This section describes the file size check that can be performed by the Agent. File size checks are used for gathering the size of individual files or the size of each file under a specific directory. The agent supports additional functionality through the use of Python scripts. A YAML file (file_size.yaml) contains the list of file directory names and file names to check. A Python script (file_size.py) runs checks each host in turn to gather stats.

Similar to other checks, the configuration is done in YAML, and consists of two keys: init_config and instances. The former is not used by file_size, while the later contains one or more sets of file directory name and file names to check, plus optional parameter recursive. When recursive is true and file_name is set to '*', file_size check will take all the files under the given directory recursively.

Sample config:

init_config: null
instances:
- built_by: FileSize
  directory_name: /var/log/monasca/agent/
  file_names:
  - '*'
  recursive: false
- built_by: FileSize
  directory_name: /var/log/monasca/api
  file_names:
  - monasca-api.log
  - request.log
  recursive: false
- built_by: FileSize
  directory_name: /var/log/monasca/notification
  file_names:
  - notification.log
  recursive: false

The file_size checks return the following metrics:

Metric Name Dimensions
file.size_bytes file_name, directory_name, hostname, service

GearmanD

See the example configuration for how to configure the GearmandD plugin.

Gunicorn

See the example configuration for how to configure the Gunicorn plugin.

HAProxy

See the example configuration for how to configure the HAProxy plugin.

HDFS

See the example configuration for how to configure the HDFS plugin.

Host Alive

An extension to the Agent can provide basic "aliveness" checks of other systems, verifying that the remote host (or device) is online. This check currently provides two methods of determining connectivity:

default dimensions: observer_host: fqdn hostname: fqdn | supplied test_type: ping | ssh | Unrecognized alive_test

default value_meta error: error_message

  • ping (ICMP)
  • SSH (banner test, port 22 by default)

Of the two, the SSH check provides a more comprehensive test of a remote system's availability, since it checks the banner returned by the remote host. A server in the throes of a kernel panic may still respond to ping requests, but would not return an SSH banner. It is suggested, therefore, that the SSH check be used instead of the ping check when possible.

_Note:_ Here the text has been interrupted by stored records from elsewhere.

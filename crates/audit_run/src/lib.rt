//! The auditor: from the words of a command line and two logs to the answer, a status and a text.
//!
//! `running::run` is the top call. It reads the words (`command_words`), makes the whole answer
//! of the command (`commands`) and hands it to `command_run`, which writes it, or one line, and
//! says what follows for every command (`program` and `given_logs` say what the auditor's are).
//! `audit` is the verdict on two logs (`log_verdict`);
//! `judged_answers`, `verifying` and `sessions` go their own way from
//! what is known of two logs before the rule is looked at; `expecting`, `converting` and
//! `generating` are the commands that write logs. The contract of `run` is the claim of the
//! project, composed from the contracts of the crates below; `laws` has what one call makes of
//! what another wrote; `corollaries` has what follows over a shelf or a sink in memory.
//!
//! The face of the library for a caller with logs of its own, which no program of this repository
//! is: `requests` (the words), `decoding` and `judging`.
#![tactic(auto)]

mod commands;
mod converting;
pub mod corollaries;
mod expecting;
mod generating;
mod given_logs;
pub mod in_memory;
mod judged_answers;
pub mod laws;
pub mod program;
pub mod running;
mod sessions;
mod verifying;

pub use command_words::requests;
pub use log_verdict::decoding;
pub use record_verdict::judging;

A YAML file (host_alive.yaml) contains the list of remote hosts to check, including the host name and testing method (either 'ping' or 'ssh'). A Python script (host_alive.py) runs checks against each host in turn, returning a 0 on success and a 1 on failure in the result sent through the Forwarder and on the Monitoring API.

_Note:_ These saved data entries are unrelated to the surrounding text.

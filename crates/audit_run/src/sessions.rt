//! The command `session`: whether a day of phases conforms, over two logs.
ghost use Rattle.std.specs.Prelude.{◌≡◌, IfOk};
ghost use Rattle.log_verdict.specs.BothLogs.{HaveOneLimit, StaysWithin};
ghost use Rattle.command_run.specs.Deciding.{IsAnswerOfKind};
ghost use Rattle.audit_run.specs.Deciding.{request_to_judge_session, DecidesAuditorAnswer};
ghost use Rattle.audit_run.specs.JudgedAnswers.{IsSessionAnswerOn};
ghost use Rattle.log_verdict.specs.Steps.{reading_by, KeepsShelfLogs, FaultsNeverFall};
ghost use Rattle.record_verdict.specs.BeforeRule.{IsJudgeable};
ghost use Rattle.session_audit.specs.Phases.{ArePhases};
ghost use Rattle.session_audit.specs.SessionVerdicts.{session_status};

use super::given_logs::GivenBeforeRule;
use super::program::Auditor;
use audit_base::faults::NoMemory;
use command_run::answers::{Answer, answer_without};
use command_run::laws::both_logs_decide;
use log_source::shelf::Shelf;
use log_verdict::both_logs::read_both;
use log_verdict::sources::Source;
use log_verdict::stops::Stop;
use record_verdict::before_rule::BeforeRule;
use record_verdict::scopes::{Admission, Scope};
use session_audit::questions::PhaseQuestion;
use session_audit::verdicts::{Session, session_after};
use std::alloc::Global;

/// The answer that a session is: its status, and its text as it is.
fn answer_of_session(session: Session) -> Answer
    ensures status { result.status ≡ session_status session.conforms }
    ensures text { result.text.items ≡ session.text.items }
{
    let status = session.status();
    let Session { text, .. } = session;
    Answer {
        status,
        text,
        stop: None,
    }
}

/// The answer to `session` over logs that give this before the phases are looked at.
fn session_answer(
    alloc: Global,
    question: &PhaseQuestion<'_>,
    given: &BeforeRule,
) -> Result<Answer, NoMemory>
    requires phases { ArePhases question.now.phases.now }
    requires judgeable { IsJudgeable given.now }
    ensures { IfOk result (IsAnswerOfKind
        (IsSessionAnswerOn question.now given.now)) }
{
    let session = session_after(
        alloc,
        &question.symbol,
        question.phases,
        question.table,
        given,
    )?;
    Ok(answer_of_session(session))
}

/// The answer to `session`. The reading admits every order: whether a call admits its own orders
/// is for the day to say.
pub(crate) fn answer_session<F: Shelf>(
    alloc: Global,
    shelf: &mut F,
    question: &PhaseQuestion<'_>,
    orders: &Source<'_>,
    trades: &Source<'_>,
) -> Result<Answer, Stop>
    requires phases { ArePhases question.now.phases.now }
    requires limit { HaveOneLimit orders.now trades.now }
    ensures logs { KeepsShelfLogs F.Shelf shelf.old shelf.new }
    ensures later { FaultsNeverFall (reading_by orders.now F.Shelf shelf.old shelf.new) }
    ensures decides { DecidesAuditorAnswer (reading_by orders.now F.Shelf shelf.old shelf.new)
        (request_to_judge_session question.now orders.now trades.now) result }
    ensures within { StaysWithin (reading_by orders.now F.Shelf shelf.old shelf.new) result }
{
    both_logs_decide::<Auditor, GivenBeforeRule>();
    let scope = Scope {
        symbol: question.symbol,
        admission: Admission::All,
    };
    // A match and no `?`, as in `verdict_on`.
    match read_both(alloc, shelf, &scope, orders, trades) {
        Ok(given) => Ok(session_answer(alloc, question, &given)?),
        Err(why) => answer_without(alloc, why),
    }
}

Because the Agent itself does not run as root, it relies on the system ping command being suid root in order to function.

The configuration of the host alive check is done in YAML, and consists of two keys:

  • init_config
  • instances

The init_config section lists the global configuration settings, such as SSH port, SSH connection timeout (in seconds, floating-point number), and ping timeout (in seconds, integer).

$ ls -l `which ping` -rwsr-xr-x 1 root root 35712 Nov 8 2011 /bin/ping
init_config:
    ssh_port: 22

    # ssh_timeout is a floating-point number of seconds
    ssh_timeout: 0.5

    # ping_timeout is an integer number of seconds
    ping_timeout: 1

The instances section contains the hostname/IP to check, and the type of check to perform, which is either ssh or ping.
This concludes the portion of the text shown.